§ Exercise prompt
Some entries follow. Reproduce exactly the lines starting at the one with "out.old out.new (before.now" and stopping after the one with "use op_ids::ReplicaId;".

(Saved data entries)
───

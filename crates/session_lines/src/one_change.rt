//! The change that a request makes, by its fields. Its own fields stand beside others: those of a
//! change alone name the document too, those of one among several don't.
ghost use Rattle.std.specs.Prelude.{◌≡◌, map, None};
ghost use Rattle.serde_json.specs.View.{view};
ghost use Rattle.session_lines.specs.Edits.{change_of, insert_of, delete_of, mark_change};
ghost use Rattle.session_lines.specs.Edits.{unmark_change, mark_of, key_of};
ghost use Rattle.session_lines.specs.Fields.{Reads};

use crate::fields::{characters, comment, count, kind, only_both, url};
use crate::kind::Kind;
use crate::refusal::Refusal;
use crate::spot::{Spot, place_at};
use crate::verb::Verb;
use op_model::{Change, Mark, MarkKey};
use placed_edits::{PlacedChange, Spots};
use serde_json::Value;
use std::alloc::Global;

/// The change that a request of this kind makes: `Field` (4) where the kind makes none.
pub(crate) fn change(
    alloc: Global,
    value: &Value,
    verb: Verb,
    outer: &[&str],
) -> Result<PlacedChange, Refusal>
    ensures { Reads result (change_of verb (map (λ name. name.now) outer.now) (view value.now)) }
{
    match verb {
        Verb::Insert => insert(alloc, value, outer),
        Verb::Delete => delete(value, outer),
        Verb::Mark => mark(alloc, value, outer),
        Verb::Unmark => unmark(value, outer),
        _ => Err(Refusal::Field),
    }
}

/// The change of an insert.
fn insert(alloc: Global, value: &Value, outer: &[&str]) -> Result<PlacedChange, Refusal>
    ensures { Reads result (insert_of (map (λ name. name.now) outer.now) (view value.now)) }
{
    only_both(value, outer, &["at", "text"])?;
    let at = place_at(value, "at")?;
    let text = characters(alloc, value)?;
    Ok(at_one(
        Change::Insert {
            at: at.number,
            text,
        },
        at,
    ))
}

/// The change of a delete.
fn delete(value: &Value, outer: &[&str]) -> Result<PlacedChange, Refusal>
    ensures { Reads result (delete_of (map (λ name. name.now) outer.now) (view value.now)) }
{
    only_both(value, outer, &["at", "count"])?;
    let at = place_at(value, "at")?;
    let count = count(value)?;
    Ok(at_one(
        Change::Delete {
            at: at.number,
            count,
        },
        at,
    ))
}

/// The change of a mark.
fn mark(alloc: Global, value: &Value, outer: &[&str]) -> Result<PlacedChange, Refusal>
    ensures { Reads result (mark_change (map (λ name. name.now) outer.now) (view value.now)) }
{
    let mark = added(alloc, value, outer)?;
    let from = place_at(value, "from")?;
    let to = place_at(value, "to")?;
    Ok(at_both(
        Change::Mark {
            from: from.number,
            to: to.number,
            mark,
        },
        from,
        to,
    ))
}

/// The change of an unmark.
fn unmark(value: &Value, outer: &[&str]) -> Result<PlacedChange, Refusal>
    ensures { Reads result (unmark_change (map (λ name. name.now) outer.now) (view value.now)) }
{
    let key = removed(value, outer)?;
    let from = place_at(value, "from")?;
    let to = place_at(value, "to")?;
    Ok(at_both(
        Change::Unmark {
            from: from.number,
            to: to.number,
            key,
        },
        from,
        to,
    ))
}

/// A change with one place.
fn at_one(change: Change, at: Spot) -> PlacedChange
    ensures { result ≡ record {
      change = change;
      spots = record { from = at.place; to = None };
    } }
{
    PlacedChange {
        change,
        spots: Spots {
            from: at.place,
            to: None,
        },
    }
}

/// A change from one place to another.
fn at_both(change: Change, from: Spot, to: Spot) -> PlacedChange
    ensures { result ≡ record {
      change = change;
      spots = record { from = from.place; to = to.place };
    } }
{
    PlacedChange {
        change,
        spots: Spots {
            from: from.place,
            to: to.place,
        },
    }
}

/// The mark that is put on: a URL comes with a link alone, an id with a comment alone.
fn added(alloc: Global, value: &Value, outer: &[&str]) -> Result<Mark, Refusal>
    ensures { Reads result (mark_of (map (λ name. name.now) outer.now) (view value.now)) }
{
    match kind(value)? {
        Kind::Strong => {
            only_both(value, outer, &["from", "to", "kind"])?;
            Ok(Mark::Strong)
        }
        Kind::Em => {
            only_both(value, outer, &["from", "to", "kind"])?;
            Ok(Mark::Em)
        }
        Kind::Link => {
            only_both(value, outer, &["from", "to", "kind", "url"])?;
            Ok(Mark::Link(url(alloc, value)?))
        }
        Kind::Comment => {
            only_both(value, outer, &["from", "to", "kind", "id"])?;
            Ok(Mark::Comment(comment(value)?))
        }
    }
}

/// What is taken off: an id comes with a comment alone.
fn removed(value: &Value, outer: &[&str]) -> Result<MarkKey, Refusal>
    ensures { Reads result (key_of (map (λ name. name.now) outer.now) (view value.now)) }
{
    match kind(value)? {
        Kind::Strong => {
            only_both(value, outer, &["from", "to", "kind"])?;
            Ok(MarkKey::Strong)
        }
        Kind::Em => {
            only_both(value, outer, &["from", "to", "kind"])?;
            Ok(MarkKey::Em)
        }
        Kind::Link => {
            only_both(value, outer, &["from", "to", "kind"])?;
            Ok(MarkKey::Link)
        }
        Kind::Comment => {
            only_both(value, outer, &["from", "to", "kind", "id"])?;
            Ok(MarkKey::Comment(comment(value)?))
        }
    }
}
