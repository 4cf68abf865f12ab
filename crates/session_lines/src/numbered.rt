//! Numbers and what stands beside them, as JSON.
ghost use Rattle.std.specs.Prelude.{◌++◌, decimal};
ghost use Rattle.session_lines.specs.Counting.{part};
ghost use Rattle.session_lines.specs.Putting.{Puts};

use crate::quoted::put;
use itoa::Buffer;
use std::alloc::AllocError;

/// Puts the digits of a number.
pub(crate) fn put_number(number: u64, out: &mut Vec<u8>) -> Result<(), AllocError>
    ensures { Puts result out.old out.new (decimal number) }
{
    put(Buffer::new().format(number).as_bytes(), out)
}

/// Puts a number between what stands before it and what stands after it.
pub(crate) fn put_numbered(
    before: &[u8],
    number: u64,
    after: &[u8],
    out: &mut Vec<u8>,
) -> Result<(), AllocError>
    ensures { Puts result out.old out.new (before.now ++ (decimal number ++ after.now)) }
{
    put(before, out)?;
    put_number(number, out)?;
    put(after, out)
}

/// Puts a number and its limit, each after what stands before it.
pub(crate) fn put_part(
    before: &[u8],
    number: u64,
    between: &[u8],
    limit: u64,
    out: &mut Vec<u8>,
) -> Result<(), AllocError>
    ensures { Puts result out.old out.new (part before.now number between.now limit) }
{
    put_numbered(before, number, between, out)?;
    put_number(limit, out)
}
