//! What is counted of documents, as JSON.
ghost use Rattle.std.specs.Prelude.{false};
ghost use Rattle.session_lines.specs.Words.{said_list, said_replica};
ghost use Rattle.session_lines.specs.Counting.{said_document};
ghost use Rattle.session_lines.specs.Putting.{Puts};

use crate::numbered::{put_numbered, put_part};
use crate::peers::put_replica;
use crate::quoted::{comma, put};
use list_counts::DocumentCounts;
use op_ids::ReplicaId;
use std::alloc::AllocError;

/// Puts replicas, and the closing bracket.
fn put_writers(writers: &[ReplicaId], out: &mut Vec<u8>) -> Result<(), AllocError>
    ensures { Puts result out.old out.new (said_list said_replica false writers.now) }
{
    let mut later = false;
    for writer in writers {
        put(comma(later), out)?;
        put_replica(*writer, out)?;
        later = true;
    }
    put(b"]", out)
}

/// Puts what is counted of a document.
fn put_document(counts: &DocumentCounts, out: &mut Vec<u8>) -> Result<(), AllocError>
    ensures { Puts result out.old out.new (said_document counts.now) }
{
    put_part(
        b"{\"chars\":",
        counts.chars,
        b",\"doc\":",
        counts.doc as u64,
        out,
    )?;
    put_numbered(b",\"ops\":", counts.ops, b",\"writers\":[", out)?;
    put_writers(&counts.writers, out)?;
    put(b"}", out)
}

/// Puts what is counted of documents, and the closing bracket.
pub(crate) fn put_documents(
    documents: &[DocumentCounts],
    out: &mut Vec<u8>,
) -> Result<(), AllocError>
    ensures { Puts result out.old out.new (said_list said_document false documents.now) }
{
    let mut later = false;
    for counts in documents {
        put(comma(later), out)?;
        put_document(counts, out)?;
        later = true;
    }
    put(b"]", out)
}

───

§ Answer box
    ensures { Puts result out.old out.new (before.now ++ (decimal number ++ after.now)) }
{
    put(before, out)?;
    put_number(number, out)?;
    put(after, out)
}

/// Puts a number and its limit, each after what stands before it.
pub(crate) fn put_part(
    before: &[u8],
    number: u64,
    between: &[u8],
    limit: u64,
    out: &mut Vec<u8>,
) -> Result<(), AllocError>
    ensures { Puts result out.old out.new (part before.now number between.now limit) }
{
    put_numbered(before, number, between, out)?;
    put_number(limit, out)
}
//! What is counted of documents, as JSON.
ghost use Rattle.std.specs.Prelude.{false};
ghost use Rattle.session_lines.specs.Words.{said_list, said_replica};
ghost use Rattle.session_lines.specs.Counting.{said_document};
ghost use Rattle.session_lines.specs.Putting.{Puts};

use crate::numbered::{put_numbered, put_part};
use crate::peers::put_replica;
use crate::quoted::{comma, put};
use list_counts::DocumentCounts;
use op_ids::ReplicaId;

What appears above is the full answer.